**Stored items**

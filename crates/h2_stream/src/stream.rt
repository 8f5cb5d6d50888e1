ghost use Rattle.std.specs.Prelude.{◌≡◌, ◌≤◌, pos, neg_ℤ, ◌+ℤ◌, ◌≤ℤ◌, OnOk, OnErr, IfErr};
ghost use Rattle.h2_stream.specs.Stream.{largest_window, opened, sendable, IsWindow, IsWithinBounds};
ghost use Rattle.h2_stream.specs.Steps.{headers_step, data_step, window_step, shift_step, sent_step, granted_step, reset_step};

use crate::fault::StreamFault;
use crate::state::StreamState;
use grpc_base::error_code::{FLOW_CONTROL_ERROR, PROTOCOL_ERROR};
use std::marker::Model;

/// The largest size of a window (RFC 9113, section 6.9.1).
const LARGEST_WINDOW: i64 = 0x7fff_ffff;

/// One stream, from the HEADERS that open it on.
///
/// What comes of the peer too late to mean anything is passed over: it is answered Ok and changes nothing. That is a
/// header block or DATA after the peer's END_STREAM, and WINDOW_UPDATE or a change of the initial window size once both
/// sides have ended the stream, by END_STREAM or by a reset. A fault changes nothing either.
#[derive(Debug, Drop)]
pub struct Stream {
    state: StreamState,
    /// Whether the peer's first header block has come.
    head: bool,
    /// How many octets of DATA the peer still takes. A smaller initial window size can make it negative.
    send: i64,
    /// How many octets of DATA the peer may still send.
    receive: i64,
}

impl Model for Stream {
    ghost use Rattle.h2_stream.specs.Stream.{StreamView, IsWithinBounds};

    ghost Value = { StreamView };

    ghost view = { λ s. record { state = s.state; head = s.head; send = s.send; receive = s.receive } };

    ghost invariant = { λ s. IsWithinBounds (record { state = s.state; head = s.head; send = s.send; receive = s.receive }) };
}

impl Stream {
    /// A stream that HEADERS have just opened, with the octets of DATA that each side may send at first.
    pub fn new(send: i64, receive: i64) -> Self
        requires send_is_window { IsWindow send }
        requires receive_is_window { IsWindow receive }
        ensures opened { result ≡ opened send receive }
        ensures bounds { IsWithinBounds result }
    {
        Stream {
            state: StreamState::Open,
            head: false,
            send,
            receive,
        }
    }

    /// Which sides have ended the stream.
    pub fn state(&self) -> StreamState
        ensures state { result ≡ self.now.state }
        ensures bounds { IsWithinBounds self.now }
    {
        self.state
    }

    /// Whether the peer's head has come.
    pub fn has_head(&self) -> bool
        ensures head { result ≡ self.now.head }
        ensures bounds { IsWithinBounds self.now }
    {
        self.head
    }

    /// A header block of the peer, without or with END_STREAM: its head or its trailers (RFC 9113, section 8.1).
    ///
    /// A second block without END_STREAM is a PROTOCOL_ERROR of the stream. An interim response (a `:status` from 100 to
    /// 199 before the head) is neither head nor trailers, and does not come here.
    pub fn on_headers(&mut self, end: bool) -> Result<(), StreamFault>
        ensures ok { OnOk result (headers_step self.old end ≡ Ok self.new) }
        ensures err { IfErr result (λ fault. headers_step self.old end ≡ Err fault) }
        ensures same { OnErr result (self.new ≡ self.old) }
        ensures bounds { IsWithinBounds self.new }
    {
        match (self.state.is_closed_remotely(), self.head, end) {
            (true, _, _) => return Ok(()),
            (false, true, false) => return Err(StreamFault::Stream(PROTOCOL_ERROR)),
            (false, _, _) => self.head = true,
        }
        if end {
            self.state = self.state.after_remote_end();
        }
        Ok(())
    }

    /// DATA of the peer that counts `len` octets, its padding included (RFC 9113, section 6.9.1).
    ///
    /// Before a head it is a PROTOCOL_ERROR of the stream, and beyond the receive window a FLOW_CONTROL_ERROR of it.
    pub fn on_data(&mut self, len: u32, end: bool) -> Result<(), StreamFault>
        ensures ok { OnOk result (data_step self.old len end ≡ Ok self.new) }
        ensures err { IfErr result (λ fault. data_step self.old len end ≡ Err fault) }
        ensures same { OnErr result (self.new ≡ self.old) }
        ensures bounds { IsWithinBounds self.new }
        ensures bounds_before { IsWithinBounds self.old }
    {
        if self.state.is_closed_remotely() {
            return Ok(());
        }
        if !self.head {
            return Err(StreamFault::Stream(PROTOCOL_ERROR));
        }
        let len = i64::from(len);
        if self.receive < len {
            return Err(StreamFault::Stream(FLOW_CONTROL_ERROR));
        }
        self.receive -= len;
        if end {
            self.state = self.state.after_remote_end();
        }
        Ok(())
    }

    /// WINDOW_UPDATE of the peer by this many octets (RFC 9113, section 6.9).
    ///
    /// An increment of 0 is a PROTOCOL_ERROR of the stream, and one that lifts the send window above 2^31-1 a
    /// FLOW_CONTROL_ERROR of it.
    pub fn on_window(&mut self, by: u32) -> Result<(), StreamFault>
        ensures ok { OnOk result (window_step self.old by ≡ Ok self.new) }
        ensures err { IfErr result (λ fault. window_step self.old by ≡ Err fault) }
        ensures same { OnErr result (self.new ≡ self.old) }
        ensures bounds { IsWithinBounds self.new }
    {
        if self.state == StreamState::Closed {
            return Ok(());
        }
        if by == 0 {
            return Err(StreamFault::Stream(PROTOCOL_ERROR));
        }
        let raised = self.send + i64::from(by);
        if raised > LARGEST_WINDOW {
            return Err(StreamFault::Stream(FLOW_CONTROL_ERROR));
        }
        self.send = raised;
        Ok(())
    }

    /// The change of all send windows with the peer's SETTINGS_INITIAL_WINDOW_SIZE: the new size less the one before
    /// (RFC 9113, section 6.9.2). The window may become negative.
    ///
    /// A change that lifts it above 2^31-1 is a FLOW_CONTROL_ERROR of the link.
    pub fn shift(&mut self, by: i64) -> Result<(), StreamFault>
        requires at_most { by ≤ℤ largest_window }
        requires at_least { neg_ℤ largest_window ≤ℤ (self.old.send +ℤ by) }
        ensures ok { OnOk result (shift_step self.old by ≡ Ok self.new) }
        ensures err { IfErr result (λ fault. shift_step self.old by ≡ Err fault) }
        ensures same { OnErr result (self.new ≡ self.old) }
        ensures bounds { IsWithinBounds self.new }
    {
        if self.state == StreamState::Closed {
            return Ok(());
        }
        let shifted = self.send + by;
        if shifted > LARGEST_WINDOW {
            return Err(StreamFault::Link(FLOW_CONTROL_ERROR));
        }
        self.send = shifted;
        Ok(())
    }

    /// How many octets of DATA may be sent now: 0 after END_STREAM was sent, and under a negative window.
    pub fn may_send(&self) -> u32
        ensures sendable { result ≡ sendable self.now }
        ensures bounds { IsWithinBounds self.now }
    {
        if self.state.is_closed_locally() {
            0
        } else {
            self.send.max(0) as u32
        }
    }

    /// DATA of this many octets was sent, without or with END_STREAM (RFC 9113, section 6.9.1).
    pub fn sent(&mut self, len: u32, end: bool)
        requires { len ≤ sendable self.old }
        ensures sent { self.new ≡ sent_step self.old len end }
        ensures bounds { IsWithinBounds self.new }
    {
        self.send -= i64::from(len);
        if end {
            self.state = self.state.after_local_end();
        }
    }

    /// WINDOW_UPDATE by this many octets is queued for the peer.
    pub fn granted(&mut self, by: u32)
        requires { (self.old.receive +ℤ pos by) ≤ℤ largest_window }
        ensures granted { self.new ≡ granted_step self.old by }
        ensures bounds { IsWithinBounds self.new }
    {
        self.receive += i64::from(by);
    }

    /// RST_STREAM was queued for the peer, or came of it: both sides have ended the stream (RFC 9113, section 6.4).
    pub fn reset(&mut self)
        ensures reset { self.new ≡ reset_step self.old }
        ensures bounds { IsWithinBounds self.new }
    {
        self.state = StreamState::Closed;
    }
}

**Exercise**
Produce an exact copy of each line from the one holding "9113, section 6.4)." through the last line of the records, both included, and nothing more.

**Answer to this problem**
    /// RST_STREAM was queued for the peer, or came of it: both sides have ended the stream (RFC 9113, section 6.4).
    pub fn reset(&mut self)
        ensures reset { self.new ≡ reset_step self.old }
        ensures bounds { IsWithinBounds self.new }
    {
        self.state = StreamState::Closed;
    }
}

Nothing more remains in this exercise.